>>>
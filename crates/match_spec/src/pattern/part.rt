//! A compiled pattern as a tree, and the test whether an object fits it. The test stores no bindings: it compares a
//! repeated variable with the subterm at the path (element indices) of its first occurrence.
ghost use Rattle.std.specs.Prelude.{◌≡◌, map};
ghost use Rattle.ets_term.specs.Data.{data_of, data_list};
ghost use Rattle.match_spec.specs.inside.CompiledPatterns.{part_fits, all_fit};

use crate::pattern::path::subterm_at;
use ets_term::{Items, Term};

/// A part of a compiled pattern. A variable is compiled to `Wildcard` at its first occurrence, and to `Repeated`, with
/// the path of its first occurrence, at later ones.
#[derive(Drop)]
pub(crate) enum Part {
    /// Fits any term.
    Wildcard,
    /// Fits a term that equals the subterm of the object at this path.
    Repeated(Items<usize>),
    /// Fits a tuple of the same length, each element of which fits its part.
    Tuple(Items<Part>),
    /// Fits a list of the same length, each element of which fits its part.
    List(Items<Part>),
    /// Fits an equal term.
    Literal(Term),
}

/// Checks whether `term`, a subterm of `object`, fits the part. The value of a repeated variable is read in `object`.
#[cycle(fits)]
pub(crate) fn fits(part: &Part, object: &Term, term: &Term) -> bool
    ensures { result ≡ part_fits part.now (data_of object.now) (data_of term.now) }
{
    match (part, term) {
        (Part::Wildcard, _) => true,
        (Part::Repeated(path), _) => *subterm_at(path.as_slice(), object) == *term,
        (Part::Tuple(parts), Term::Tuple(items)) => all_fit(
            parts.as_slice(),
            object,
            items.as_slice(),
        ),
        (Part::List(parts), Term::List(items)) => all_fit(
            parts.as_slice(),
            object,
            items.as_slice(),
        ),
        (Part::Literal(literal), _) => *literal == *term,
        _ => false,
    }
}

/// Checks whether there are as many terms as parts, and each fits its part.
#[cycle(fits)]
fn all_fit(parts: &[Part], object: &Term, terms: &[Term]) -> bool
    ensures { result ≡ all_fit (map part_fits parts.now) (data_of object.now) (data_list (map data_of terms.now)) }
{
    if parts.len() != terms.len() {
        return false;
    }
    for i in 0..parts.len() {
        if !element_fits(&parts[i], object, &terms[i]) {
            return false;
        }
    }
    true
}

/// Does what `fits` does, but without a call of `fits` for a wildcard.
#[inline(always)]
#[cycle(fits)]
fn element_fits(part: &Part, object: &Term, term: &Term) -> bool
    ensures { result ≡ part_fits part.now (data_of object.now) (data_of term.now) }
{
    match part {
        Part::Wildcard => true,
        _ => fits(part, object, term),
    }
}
<<<
Action item:
Give each entry again, spelled exactly as shown.

Task response:
filename crates/match_spec/src/pattern/part.rt
//! A compiled pattern as a tree, and the test whether an object fits it. The test stores no bindings: it compares a
//! repeated variable with the subterm at the path (element indices) of its first occurrence.
ghost use Rattle.std.specs.Prelude.{◌≡◌, map};
ghost use Rattle.ets_term.specs.Data.{data_of, data_list};
ghost use Rattle.match_spec.specs.inside.CompiledPatterns.{part_fits, all_fit};

use crate::pattern::path::subterm_at;
use ets_term::{Items, Term};

/// A part of a compiled pattern. A variable is compiled to `Wildcard` at its first occurrence, and to `Repeated`, with
/// the path of its first occurrence, at later ones.
#[derive(Drop)]
pub(crate) enum Part {
    /// Fits any term.
    Wildcard,
    /// Fits a term that equals the subterm of the object at this path.
    Repeated(Items<usize>),
    /// Fits a tuple of the same length, each element of which fits its part.
    Tuple(Items<Part>),
    /// Fits a list of the same length, each element of which fits its part.
    List(Items<Part>),
    /// Fits an equal term.
    Literal(Term),
}

/// Checks whether `term`, a subterm of `object`, fits the part. The value of a repeated variable is read in `object`.
#[cycle(fits)]
pub(crate) fn fits(part: &Part, object: &Term, term: &Term) -> bool
    ensures { result ≡ part_fits part.now (data_of object.now) (data_of term.now) }
{
    match (part, term) {
        (Part::Wildcard, _) => true,
        (Part::Repeated(path), _) => *subterm_at(path.as_slice(), object) == *term,
        (Part::Tuple(parts), Term::Tuple(items)) => all_fit(
            parts.as_slice(),
            object,
            items.as_slice(),
        ),
        (Part::List(parts), Term::List(items)) => all_fit(
            parts.as_slice(),
            object,
            items.as_slice(),
        ),
        (Part::Literal(literal), _) => *literal == *term,
        _ => false,
    }
}

/// Checks whether there are as many terms as parts, and each fits its part.
#[cycle(fits)]
fn all_fit(parts: &[Part], object: &Term, terms: &[Term]) -> bool
    ensures { result ≡ all_fit (map part_fits parts.now) (data_of object.now) (data_list (map data_of terms.now)) }
{
    if parts.len() != terms.len() {
        return false;
    }
    for i in 0..parts.len() {
        if !element_fits(&parts[i], object, &terms[i]) {
            return false;
        }
    }
    true
}

/// Does what `fits` does, but without a call of `fits` for a wildcard.
#[inline(always)]
#[cycle(fits)]
fn element_fits(part: &Part, object: &Term, term: &Term) -> bool
    ensures { result ≡ part_fits part.now (data_of object.now) (data_of term.now) }
{
    match part {
        Part::Wildcard => true,
        _ => fits(part, object, term),
    }
}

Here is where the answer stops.